THE PROBLEM -
What lines of the data below hold "ReadsOn"? Show them.

Items from a dataset:
━━━━

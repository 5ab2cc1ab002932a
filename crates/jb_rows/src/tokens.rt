//! The bytes of a record, put together.

ghost use Rattle.std.specs.Prelude.{◌≡◌, ◌≤◌, ◌<◌, ◌++◌, ◌∷◌, [], true, count_by, length, take, IfOk, IfSome, MatchOption, OnOk};
ghost use Rattle.std.specs.Bool.{MatchBool};
ghost use Rattle.csv.specs.declared.parser.State.TheVariants as state;
ghost use Rattle.jb_rows.specs.Bytes.{EndsRecord, ReadsOn, csv_state, is_line_feed, marks_config};
ghost use Rattle.jb_rows.specs.Fields.{packed};

use crate::machine::{Marks, Place, Turn};
use crate::row_builder::RowBuilder;
use std::alloc::AllocError;

/// What the first bytes of some did.
#[derive(Clone, Copy, Debug)]
pub(crate) struct Taken {
    /// How many they are, one at least.
    pub(crate) count: usize,
    /// How many line feeds they have: one or none.
    pub(crate) lines: u64,
    /// Where the reader is after them.
    pub(crate) place: Place,
    /// Whether they end the record.
    pub(crate) is_whole: bool,
}

/// How many line feeds a byte is: one or none.
pub(crate) fn line_feeds(byte: u8) -> u64
    ensures { result ≡ count_by is_line_feed (byte ∷ []) }
{
    if byte == b'\n' { 1 } else { 0 }
}

/// Puts the field after the others of its record.
pub(crate) fn end_field(row: &mut RowBuilder, field: &mut Vec<u8>) -> Result<(), AllocError>
    ensures row { OnOk result (row.new ≡ row.old ++ field.old.items ∷ []) }
    ensures field { OnOk result (field.new.items ≡ []) }
{
    row.push(field)?;
    field.clear();
    Ok(())
}

/// Takes the first of these bytes, and those after it that may be taken with it.
fn take_some(
    marks: &Marks,
    place: Place,
    bytes: &[u8],
    row: &mut RowBuilder,
    field: &mut Vec<u8>,
) -> Result<Taken, AllocError>
    requires { 0 < length bytes.now }
    ensures some { IfOk result (λ taken. 0 < taken.count) }
    ensures within { IfOk result (λ taken. taken.count ≤ length bytes.now) }
    ensures lines { IfOk result (λ taken. taken.lines ≡ count_by is_line_feed (take taken.count bytes.now)) }
    ensures read { IfOk result (λ taken. MatchBool taken.is_whole
        (EndsRecord (marks_config marks.now) (csv_state place) row.old field.old.items (take taken.count bytes.now) row.new)
        (ReadsOn (marks_config marks.now) (csv_state place) row.old field.old.items (take taken.count bytes.now) (csv_state taken.place) row.new field.new.items)) }
{
    let byte = bytes[0];
    let lines = line_feeds(byte);
    match marks.turn(place, byte) {
        Turn::Skip(next) => Ok(Taken {
            count: 1,
            lines,
            place: next,
            is_whole: false,
        }),
        Turn::Copy(next) => {
            let count = 1 + marks.run(next, &bytes[1..]);
            field.extend_from_slice(&bytes[..count])?;
            Ok(Taken {
                count,
                lines,
                place: next,
                is_whole: false,
            })
        }
        Turn::EndField => {
            end_field(row, field)?;
            Ok(Taken {
                count: 1,
                lines,
                place: Place::StartField,
                is_whole: false,
            })
        }
        Turn::EndRecord => {
            end_field(row, field)?;
            Ok(Taken {
                count: 1,
                lines,
                place: Place::StartField,
                is_whole: true,
            })
        }
    }
}

/// Takes the next field with its end, if it has no quotes and is whole among these bytes. Else nothing is taken.
fn take_field(
    marks: &Marks,
    bytes: &[u8],
    row: &mut RowBuilder,
) -> Result<Option<Taken>, AllocError>
    requires { 0 < length bytes.now }
    ensures some { IfOk result (λ found. IfSome found (λ taken. 0 < taken.count)) }
    ensures within { IfOk result (λ found. IfSome found (λ taken. taken.count ≤ length bytes.now)) }
    ensures lines { IfOk result (λ found. IfSome found (λ taken. taken.lines ≡ count_by is_line_feed (take taken.count bytes.now))) }
    ensures read { IfOk result (λ found. MatchOption found (row.new ≡ row.old) (λ taken. MatchBool taken.is_whole
        (EndsRecord (marks_config marks.now) state.StartField row.old [] (take taken.count bytes.now) row.new)
        (ReadsOn (marks_config marks.now) state.StartField row.old [] (take taken.count bytes.now) (csv_state taken.place) row.new []))) }
{
    if marks.is_quote(bytes[0]) {
        return Ok(None);
    }
    let run = marks.plain_run(bytes);
    if run >= bytes.len() {
        return Ok(None);
    }
    let byte = bytes[run];
    let (count, lines, place) = (run + 1, line_feeds(byte), Place::StartField);
    match marks.in_field(byte) {
        Turn::EndField => {
            row.push(&bytes[..run])?;
            Ok(Some(Taken {
                count,
                lines,
                place,
                is_whole: false,
            }))
        }
        Turn::EndRecord => {
            row.push(&bytes[..run])?;
            Ok(Some(Taken {
                count,
                lines,
                place,
                is_whole: true,
            }))
        }
        Turn::Skip(_) | Turn::Copy(_) => Ok(None),
    }
}

/// Whether a field begins here, of which nothing is read.
fn is_fresh(place: Place, field: &[u8]) -> bool
    ensures { result ≡ true → (csv_state place ≡ state.StartField) × (field.now ≡ []) }
{
    match place {
        Place::StartField => field.is_empty(),
        _ => false,
    }
}

/// Takes the next field with its end, if it is whole among these bytes, or what `take_some` takes.
pub(crate) fn take_next(
    marks: &Marks,
    place: Place,
    bytes: &[u8],
    row: &mut RowBuilder,
    field: &mut Vec<u8>,
) -> Result<Taken, AllocError>
    requires { 0 < length bytes.now }
    ensures some { IfOk result (λ taken. 0 < taken.count) }
    ensures within { IfOk result (λ taken. taken.count ≤ length bytes.now) }
    ensures lines { IfOk result (λ taken. taken.lines ≡ count_by is_line_feed (take taken.count bytes.now)) }
    ensures read { IfOk result (λ taken. MatchBool taken.is_whole
        (EndsRecord (marks_config marks.now) (csv_state place) row.old field.old.items (take taken.count bytes.now) row.new)
        (ReadsOn (marks_config marks.now) (csv_state place) row.old field.old.items (take taken.count bytes.now) (csv_state taken.place) row.new field.new.items)) }
{
    if !is_fresh(place, field) {
        return take_some(marks, place, bytes, row, field);
    }
    match take_field(marks, bytes, row)? {
        Some(taken) => Ok(taken),
        None => take_some(marks, place, bytes, row, field),
    }
}

/// Whether a record that has these fields, and one of these bytes or more, is longer packed.
pub(crate) fn is_too_long(row: &RowBuilder, field: &[u8], longest: usize) -> bool
    ensures { result ≡ true → longest < length (packed (row.now ++ field.now ∷ [])) }
{
    row.as_bytes().len() + field.len() >= longest
}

━━━━

ANSWER SPACE -
ghost use Rattle.jb_rows.specs.Bytes.{EndsRecord, ReadsOn, csv_state, is_line_feed, marks_config};
        (ReadsOn (marks_config marks.now) (csv_state place) row.old field.old.items (take taken.count bytes.now) (csv_state taken.place) row.new field.new.items)) }
        (ReadsOn (marks_config marks.now) state.StartField row.old [] (take taken.count bytes.now) (csv_state taken.place) row.new []))) }
        (ReadsOn (marks_config marks.now) (csv_state place) row.old field.old.items (take taken.count bytes.now) (csv_state taken.place) row.new field.new.items)) }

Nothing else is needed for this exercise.